Problem to solve —
Read the data below line by line and copy each one with "asking" in it.

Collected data
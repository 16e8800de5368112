//! Builds a cdb file, checks one, lists it and asks it, or judges rows of what pf_cdb says. bench/cdb.py runs it beside the tool
//! cdb of tinycdb.
//!
//! usage: cdb_tests build TEXT | check FILE | list FILE | ask FILE KEYS | rows FILE
//!
//! A line of TEXT is a key, a blank and a value. `build` prints the file for the lines, `check` what is wrong with a file or
//! nothing, `list` a line for each pair of it, and `ask` a line with the value of each line of KEYS that is a key of it. `rows`
//! lists FILE and judges the rows of the file `rows` beside it: docs/CASES.md has their format, `said.rt` their kinds, and
//! `described.rt` how a row writes a file.
#![tactic(auto)]

mod asking;
mod described;
mod kept;
mod made;
mod plain;
mod said;
mod sweep;

use asking::{ask, build, damage_line, list};
use pf_base::{Bytes, NoMemory};
use row_files::judge_file;
use said::Files;
use std::alloc::Global;
use std::{env, fs, io};

const USAGE: &[u8] =
    b"usage: cdb_tests build TEXT | check FILE | list FILE | ask FILE KEYS | rows FILE\n";

// The bytes that these words ask for.
fn answer(
    rt: &HostRuntime,
    alloc: Global,
    words: &[String],
) -> io::Result<Result<Bytes, NoMemory>> {
    if words.len() < 2 {
        return Ok(Bytes::from_slice(alloc, USAGE));
    }
    let file = fs::read(rt, words[1].as_str())?;
    let file = file.as_slice();
    match words[0].as_str() {
        "build" => Ok(build(alloc, file)),
        "check" => Ok(damage_line(alloc, file)),
        "list" | "rows" => Ok(list(alloc, file)),
        "ask" if words.len() == 3 => {
            let keys = fs::read(rt, words[2].as_str())?;
            Ok(ask(alloc, file, keys.as_slice()))
        }
        _ => Ok(Bytes::from_slice(alloc, USAGE)),
    }
}

// Judges the rows where the words ask for it; one that is not so is an error.
fn judge(rt: &HostRuntime, words: &[String]) -> io::Result<()> {
    match words {
        [command, ..] if command.as_str() == "rows" => {
            if judge_file(rt, "rows", &mut Files) {
                Ok(())
            } else {
                Err(io::Error::from(io::ErrorKind::InvalidData))
            }
        }
        _ => Ok(()),
    }
}

fn main(rt: HostRuntime) -> io::Result<()> {
    let alloc = rt.alloc();
    let words = env::args(&rt)?.skip(1).collect::<Vec<String>>(alloc)?;
    match answer(&rt, alloc, words.as_slice())? {
        Ok(text) => rt.stdout().write_all(text.as_slice())?,
        Err(NoMemory) => return Err(io::Error::from(io::ErrorKind::OutOfMemory)),
    }
    judge(&rt, words.as_slice())
}
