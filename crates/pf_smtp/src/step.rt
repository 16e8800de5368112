//! The steps of a session: one function for each verb.
ghost use Rattle.std.specs.Prelude.{◌≡◌, None, Some, IfOk};
ghost use Rattle.pf_smtp.specs.Clauses.Gives.{Gives};
ghost use Rattle.pf_smtp.specs.Step as step;

use crate::command::{Verb, after_keyword, argument_of, verb_of, whole_path};
use crate::entry::Entry;
use crate::reply::{HeloReply, LineReply, MailReply, QuitReply, RcptReply, Reply};
use crate::state::{Answer, Setup, State};
use pf_addr::{AddressRef, Path};
use pf_base::{NoMemory, trimmed, without_return};
use pf_eval::{PlainEnd, judge_plain};
use std::alloc::Global;

/// A line has at most so many bytes, without its line end.
pub(crate) const LINE_LIMIT: usize = 2048;

// One reply.
fn says<'a>(reply: Reply<'a>) -> Answer<'a>
    ensures { result ≡ record { reply = reply.entry; entry = None } }
{
    Answer { reply, entry: None }
}

// One reply and one log line.
fn logs<'a>(reply: Reply<'a>, logged: Entry<'a>) -> Answer<'a>
    ensures { result ≡ record { reply = reply.entry; entry = Some logged.entry } }
{
    Answer {
        reply,
        entry: Some(logged),
    }
}

// Whether the local part names a site that the mail goes on to.
fn is_routed(address: &AddressRef<'_>) -> bool
    ensures { result ≡ step.is_routed address.now }
{
    address.local_has(b'@') || address.local_has(b'!') || address.local_has(b'%')
}

// The domain that a recipient is judged by; that of a routed address says nothing.
fn judged_domain<'a>(address: &'a AddressRef<'_>) -> &'a [u8]
    ensures { result.now ≡ step.judged_domain address.now }
{
    if is_routed(address) {
        &[]
    } else {
        address.domain()
    }
}

// How the relay list ends for a recipient.
#[tactic(auto, unfolding(crate::specs::Step::relay_end))]
fn relay_end(setup: &Setup, recipient: &AddressRef<'_>) -> PlainEnd
    ensures { result ≡ step.relay_end setup.now recipient.now }
{
    judge_plain(&setup.policy, &setup.client, judged_domain(recipient))
}

impl State {
    fn helo<'a>(&mut self, argument: &'a [u8]) -> Answer<'a>
        ensures { Gives (step.helo self.old argument.now) self.new result }
    {
        if argument.is_empty() {
            return says(Reply::Helo(HeloReply::NeedsName));
        }
        self.sender = None;
        says(Reply::Helo(HeloReply::Hello))
    }

    fn mail<'a>(&mut self, alloc: Global, argument: &'a [u8]) -> Result<Answer<'a>, NoMemory>
        ensures { IfOk result (Gives (step.mail self.old argument.now) self.new) }
    {
        if self.sender.is_some() {
            return Ok(says(Reply::Mail(MailReply::Nested)));
        }
        let Some(text) = after_keyword(b"FROM:", argument) else {
            return Ok(says(Reply::Mail(MailReply::Syntax)));
        };
        let Some(sender) = whole_path(text) else {
            return Ok(says(Reply::Mail(MailReply::BadSender)));
        };
        self.sender = Some(sender.to_path(alloc)?);
        Ok(says(Reply::Mail(MailReply::Taken)))
    }

    fn rcpt<'a>(&mut self, setup: &Setup, argument: &'a [u8]) -> Answer<'a>
        ensures { Gives (step.rcpt setup.now self.old argument.now) self.new result }
    {
        if self.sender.is_none() {
            return says(Reply::Rcpt(RcptReply::NeedMail));
        }
        let Some(text) = after_keyword(b"TO:", argument) else {
            return says(Reply::Rcpt(RcptReply::Syntax));
        };
        let Some(Path::To(recipient)) = whole_path(text) else {
            return says(Reply::Rcpt(RcptReply::BadRecipient));
        };
        let line = self.line;
        match relay_end(setup, &recipient) {
            PlainEnd::Accept => logs(
                Reply::Rcpt(RcptReply::Taken),
                Entry::Accepted { line, recipient },
            ),
            PlainEnd::Deny { place } => logs(
                Reply::Rcpt(RcptReply::RelayDenied(recipient.again())),
                Entry::Denied {
                    line,
                    recipient,
                    place,
                },
            ),
        }
    }

    fn quit<'a>(&mut self, argument: &'a [u8]) -> Answer<'a>
        ensures { Gives (step.quit self.old argument.now) self.new result }
    {
        if argument.is_empty() {
            self.ended = true;
            return says(Reply::Quit(QuitReply::Bye));
        }
        says(Reply::Quit(QuitReply::Syntax))
    }

    #[tactic(auto, unfolding(crate::specs::Step::command))]
    fn command<'a>(
        &mut self,
        alloc: Global,
        setup: &Setup,
        verb: Verb,
        argument: &'a [u8],
    ) -> Result<Answer<'a>, NoMemory>
        ensures { IfOk result (Gives (step.command setup.now self.old verb argument.now) self.new) }
    {
        match verb {
            Verb::Empty => Ok(says(Reply::Line(LineReply::BadSyntax))),
            Verb::Helo => Ok(self.helo(argument)),
            Verb::Mail => self.mail(alloc, argument),
            Verb::Rcpt => Ok(self.rcpt(setup, argument)),
            Verb::Quit => Ok(self.quit(argument)),
            Verb::Other => Ok(says(Reply::Line(LineReply::NotRecognized))),
        }
    }

    /// Answers the next line, as it is before its line feed. The answer may name parts of the line.
    #[tactic(auto, unfolding(crate::specs::Step::step))]
    pub(crate) fn step<'a>(
        &mut self,
        alloc: Global,
        setup: &Setup,
        raw: &'a [u8],
    ) -> Result<Answer<'a>, NoMemory>
        ensures { IfOk result (Gives (step.step setup.now self.old raw.now) self.new) }
    {
        self.line = self.line.saturating_add(1);
        let line = without_return(raw);
        if line.len() > LINE_LIMIT {
            return Ok(says(Reply::Line(LineReply::TooLong)));
        }
        let line = trimmed(line);
        self.command(alloc, setup, verb_of(line), argument_of(line))
    }
}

Written solution —
mod asking;
use asking::{ask, build, damage_line, list};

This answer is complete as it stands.